Work required:
Look through the listing below for the string "Putting". Say how many lines hold it, and nothing else.

<<<<

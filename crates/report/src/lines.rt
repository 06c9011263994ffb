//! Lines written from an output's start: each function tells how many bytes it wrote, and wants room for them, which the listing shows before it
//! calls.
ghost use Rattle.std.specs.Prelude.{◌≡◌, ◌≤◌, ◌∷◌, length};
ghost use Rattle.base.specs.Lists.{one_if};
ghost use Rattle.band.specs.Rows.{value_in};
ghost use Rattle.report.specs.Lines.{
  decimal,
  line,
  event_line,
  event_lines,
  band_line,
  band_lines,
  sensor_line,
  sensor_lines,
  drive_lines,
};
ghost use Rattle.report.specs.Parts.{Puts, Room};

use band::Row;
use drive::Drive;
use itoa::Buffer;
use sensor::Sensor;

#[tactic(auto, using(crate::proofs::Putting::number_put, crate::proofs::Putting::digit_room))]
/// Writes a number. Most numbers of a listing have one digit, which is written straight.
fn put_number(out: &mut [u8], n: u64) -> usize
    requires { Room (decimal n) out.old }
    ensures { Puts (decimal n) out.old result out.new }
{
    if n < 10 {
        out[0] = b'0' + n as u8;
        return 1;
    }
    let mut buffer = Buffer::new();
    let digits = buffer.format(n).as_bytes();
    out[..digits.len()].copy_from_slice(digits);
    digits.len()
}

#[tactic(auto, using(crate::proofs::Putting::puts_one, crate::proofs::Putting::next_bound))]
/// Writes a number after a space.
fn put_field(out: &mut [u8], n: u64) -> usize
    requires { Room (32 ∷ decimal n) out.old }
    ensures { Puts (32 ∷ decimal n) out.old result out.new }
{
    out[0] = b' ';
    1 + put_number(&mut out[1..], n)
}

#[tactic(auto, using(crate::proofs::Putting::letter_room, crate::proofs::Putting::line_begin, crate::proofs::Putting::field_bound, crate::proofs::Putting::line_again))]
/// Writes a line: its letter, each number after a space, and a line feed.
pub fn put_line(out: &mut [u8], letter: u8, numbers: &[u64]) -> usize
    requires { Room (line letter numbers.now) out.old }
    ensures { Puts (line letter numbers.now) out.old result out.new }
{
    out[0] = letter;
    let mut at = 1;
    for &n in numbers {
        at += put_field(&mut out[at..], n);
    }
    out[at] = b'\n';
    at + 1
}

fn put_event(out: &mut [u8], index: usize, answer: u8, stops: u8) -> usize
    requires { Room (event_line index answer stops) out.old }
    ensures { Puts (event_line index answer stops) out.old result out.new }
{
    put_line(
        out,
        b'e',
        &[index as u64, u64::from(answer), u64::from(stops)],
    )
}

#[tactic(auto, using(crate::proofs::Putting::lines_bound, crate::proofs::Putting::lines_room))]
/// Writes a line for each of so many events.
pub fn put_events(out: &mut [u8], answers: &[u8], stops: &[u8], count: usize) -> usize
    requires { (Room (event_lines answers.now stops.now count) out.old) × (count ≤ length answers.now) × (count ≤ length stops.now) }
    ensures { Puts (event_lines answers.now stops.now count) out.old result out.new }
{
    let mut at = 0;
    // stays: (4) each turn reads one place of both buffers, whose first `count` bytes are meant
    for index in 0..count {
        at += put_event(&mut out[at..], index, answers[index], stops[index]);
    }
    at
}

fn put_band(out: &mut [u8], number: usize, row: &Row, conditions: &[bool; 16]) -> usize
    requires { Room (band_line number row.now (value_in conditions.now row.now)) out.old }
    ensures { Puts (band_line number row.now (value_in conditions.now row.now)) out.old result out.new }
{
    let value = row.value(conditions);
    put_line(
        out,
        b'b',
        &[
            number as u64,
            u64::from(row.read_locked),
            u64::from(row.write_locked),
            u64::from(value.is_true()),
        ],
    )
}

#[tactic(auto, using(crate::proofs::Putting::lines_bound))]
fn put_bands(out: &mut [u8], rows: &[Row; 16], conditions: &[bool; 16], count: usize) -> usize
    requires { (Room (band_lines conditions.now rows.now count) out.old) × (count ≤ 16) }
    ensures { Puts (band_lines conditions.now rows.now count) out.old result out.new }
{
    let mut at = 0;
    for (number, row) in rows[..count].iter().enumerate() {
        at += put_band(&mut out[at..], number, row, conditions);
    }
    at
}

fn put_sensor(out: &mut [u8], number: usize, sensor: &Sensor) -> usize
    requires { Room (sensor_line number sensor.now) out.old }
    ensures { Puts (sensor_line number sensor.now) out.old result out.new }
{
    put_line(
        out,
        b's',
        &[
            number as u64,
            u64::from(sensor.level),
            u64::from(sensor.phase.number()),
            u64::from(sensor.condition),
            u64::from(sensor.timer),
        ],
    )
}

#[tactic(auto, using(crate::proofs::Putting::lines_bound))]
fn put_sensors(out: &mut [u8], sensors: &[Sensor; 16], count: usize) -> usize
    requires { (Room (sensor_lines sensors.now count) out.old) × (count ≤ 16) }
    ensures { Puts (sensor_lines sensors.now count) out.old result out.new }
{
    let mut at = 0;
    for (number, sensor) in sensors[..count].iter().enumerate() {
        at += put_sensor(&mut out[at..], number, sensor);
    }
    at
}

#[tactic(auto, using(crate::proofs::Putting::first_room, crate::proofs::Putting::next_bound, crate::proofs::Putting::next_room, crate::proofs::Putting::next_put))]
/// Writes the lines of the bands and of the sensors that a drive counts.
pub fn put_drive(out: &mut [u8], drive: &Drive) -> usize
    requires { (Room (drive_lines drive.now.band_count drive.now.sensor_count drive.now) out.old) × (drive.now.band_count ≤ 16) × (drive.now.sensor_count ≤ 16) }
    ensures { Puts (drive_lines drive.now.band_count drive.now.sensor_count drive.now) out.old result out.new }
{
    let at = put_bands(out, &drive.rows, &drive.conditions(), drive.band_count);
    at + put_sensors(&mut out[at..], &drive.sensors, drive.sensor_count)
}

>>>>
<<<<

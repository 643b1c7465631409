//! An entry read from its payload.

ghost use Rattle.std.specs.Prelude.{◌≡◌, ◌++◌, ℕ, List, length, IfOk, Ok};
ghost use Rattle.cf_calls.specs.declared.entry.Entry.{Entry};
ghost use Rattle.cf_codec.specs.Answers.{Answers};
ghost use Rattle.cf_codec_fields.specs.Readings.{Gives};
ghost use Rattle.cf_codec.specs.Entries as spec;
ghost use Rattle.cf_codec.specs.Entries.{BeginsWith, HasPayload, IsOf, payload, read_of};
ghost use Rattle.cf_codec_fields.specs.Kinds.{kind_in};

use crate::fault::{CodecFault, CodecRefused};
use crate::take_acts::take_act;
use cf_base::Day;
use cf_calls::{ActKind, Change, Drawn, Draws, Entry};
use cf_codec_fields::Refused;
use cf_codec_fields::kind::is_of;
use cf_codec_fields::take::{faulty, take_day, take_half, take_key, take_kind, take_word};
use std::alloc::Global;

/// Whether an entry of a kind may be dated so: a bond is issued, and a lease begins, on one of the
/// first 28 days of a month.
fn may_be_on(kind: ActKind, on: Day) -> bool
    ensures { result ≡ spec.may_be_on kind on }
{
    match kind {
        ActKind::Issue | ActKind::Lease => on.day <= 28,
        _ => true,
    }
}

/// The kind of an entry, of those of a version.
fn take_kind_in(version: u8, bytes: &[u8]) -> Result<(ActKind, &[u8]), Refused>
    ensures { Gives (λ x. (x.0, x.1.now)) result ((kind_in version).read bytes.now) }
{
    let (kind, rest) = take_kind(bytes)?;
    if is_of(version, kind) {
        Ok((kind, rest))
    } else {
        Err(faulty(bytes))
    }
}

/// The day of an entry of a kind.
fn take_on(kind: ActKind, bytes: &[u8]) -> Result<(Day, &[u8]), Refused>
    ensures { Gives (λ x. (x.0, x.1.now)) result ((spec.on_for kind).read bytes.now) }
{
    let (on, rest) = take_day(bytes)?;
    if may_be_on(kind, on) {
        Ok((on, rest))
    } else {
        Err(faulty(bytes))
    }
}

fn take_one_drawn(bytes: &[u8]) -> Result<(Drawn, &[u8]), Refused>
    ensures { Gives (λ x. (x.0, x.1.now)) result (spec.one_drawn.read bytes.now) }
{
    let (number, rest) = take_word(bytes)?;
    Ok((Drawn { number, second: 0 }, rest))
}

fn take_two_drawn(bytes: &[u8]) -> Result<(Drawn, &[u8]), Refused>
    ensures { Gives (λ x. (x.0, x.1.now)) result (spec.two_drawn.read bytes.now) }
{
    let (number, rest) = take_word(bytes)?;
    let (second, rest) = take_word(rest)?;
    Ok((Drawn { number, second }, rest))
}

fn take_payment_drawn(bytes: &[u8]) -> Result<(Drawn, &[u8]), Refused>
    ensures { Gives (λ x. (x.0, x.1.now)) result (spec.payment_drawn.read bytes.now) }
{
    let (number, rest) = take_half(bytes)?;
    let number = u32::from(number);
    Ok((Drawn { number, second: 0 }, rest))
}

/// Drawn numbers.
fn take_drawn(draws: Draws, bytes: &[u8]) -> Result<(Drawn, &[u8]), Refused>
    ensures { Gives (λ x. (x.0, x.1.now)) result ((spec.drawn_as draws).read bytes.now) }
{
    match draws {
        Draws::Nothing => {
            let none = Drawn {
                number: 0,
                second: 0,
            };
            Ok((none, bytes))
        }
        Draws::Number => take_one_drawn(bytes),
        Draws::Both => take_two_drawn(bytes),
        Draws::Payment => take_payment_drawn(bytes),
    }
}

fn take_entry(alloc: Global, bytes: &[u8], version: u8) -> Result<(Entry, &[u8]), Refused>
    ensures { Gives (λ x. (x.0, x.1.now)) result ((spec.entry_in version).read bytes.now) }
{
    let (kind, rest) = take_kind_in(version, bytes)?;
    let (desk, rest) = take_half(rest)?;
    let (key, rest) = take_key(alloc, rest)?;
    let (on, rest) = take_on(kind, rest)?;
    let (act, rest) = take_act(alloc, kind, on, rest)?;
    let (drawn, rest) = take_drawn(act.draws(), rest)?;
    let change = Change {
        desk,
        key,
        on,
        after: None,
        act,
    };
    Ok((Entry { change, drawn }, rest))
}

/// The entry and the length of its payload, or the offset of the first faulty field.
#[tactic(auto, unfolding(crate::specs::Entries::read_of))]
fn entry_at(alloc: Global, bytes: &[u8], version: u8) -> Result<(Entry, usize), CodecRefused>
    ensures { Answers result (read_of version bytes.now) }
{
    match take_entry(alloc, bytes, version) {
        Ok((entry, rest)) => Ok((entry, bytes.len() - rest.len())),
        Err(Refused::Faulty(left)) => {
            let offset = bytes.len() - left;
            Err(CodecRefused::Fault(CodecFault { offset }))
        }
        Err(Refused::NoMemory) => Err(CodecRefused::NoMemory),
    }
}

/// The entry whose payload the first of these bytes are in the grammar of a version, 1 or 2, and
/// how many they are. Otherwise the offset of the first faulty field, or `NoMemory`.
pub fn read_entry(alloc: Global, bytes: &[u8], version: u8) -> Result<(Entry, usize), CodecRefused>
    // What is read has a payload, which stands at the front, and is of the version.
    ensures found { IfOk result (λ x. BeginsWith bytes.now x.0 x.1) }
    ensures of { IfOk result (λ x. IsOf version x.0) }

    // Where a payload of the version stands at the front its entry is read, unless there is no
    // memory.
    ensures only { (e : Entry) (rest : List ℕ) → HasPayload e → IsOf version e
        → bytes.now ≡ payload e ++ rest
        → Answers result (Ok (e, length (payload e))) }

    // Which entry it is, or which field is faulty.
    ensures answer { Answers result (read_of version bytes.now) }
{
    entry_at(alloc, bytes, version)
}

>>>>

Expected output:
7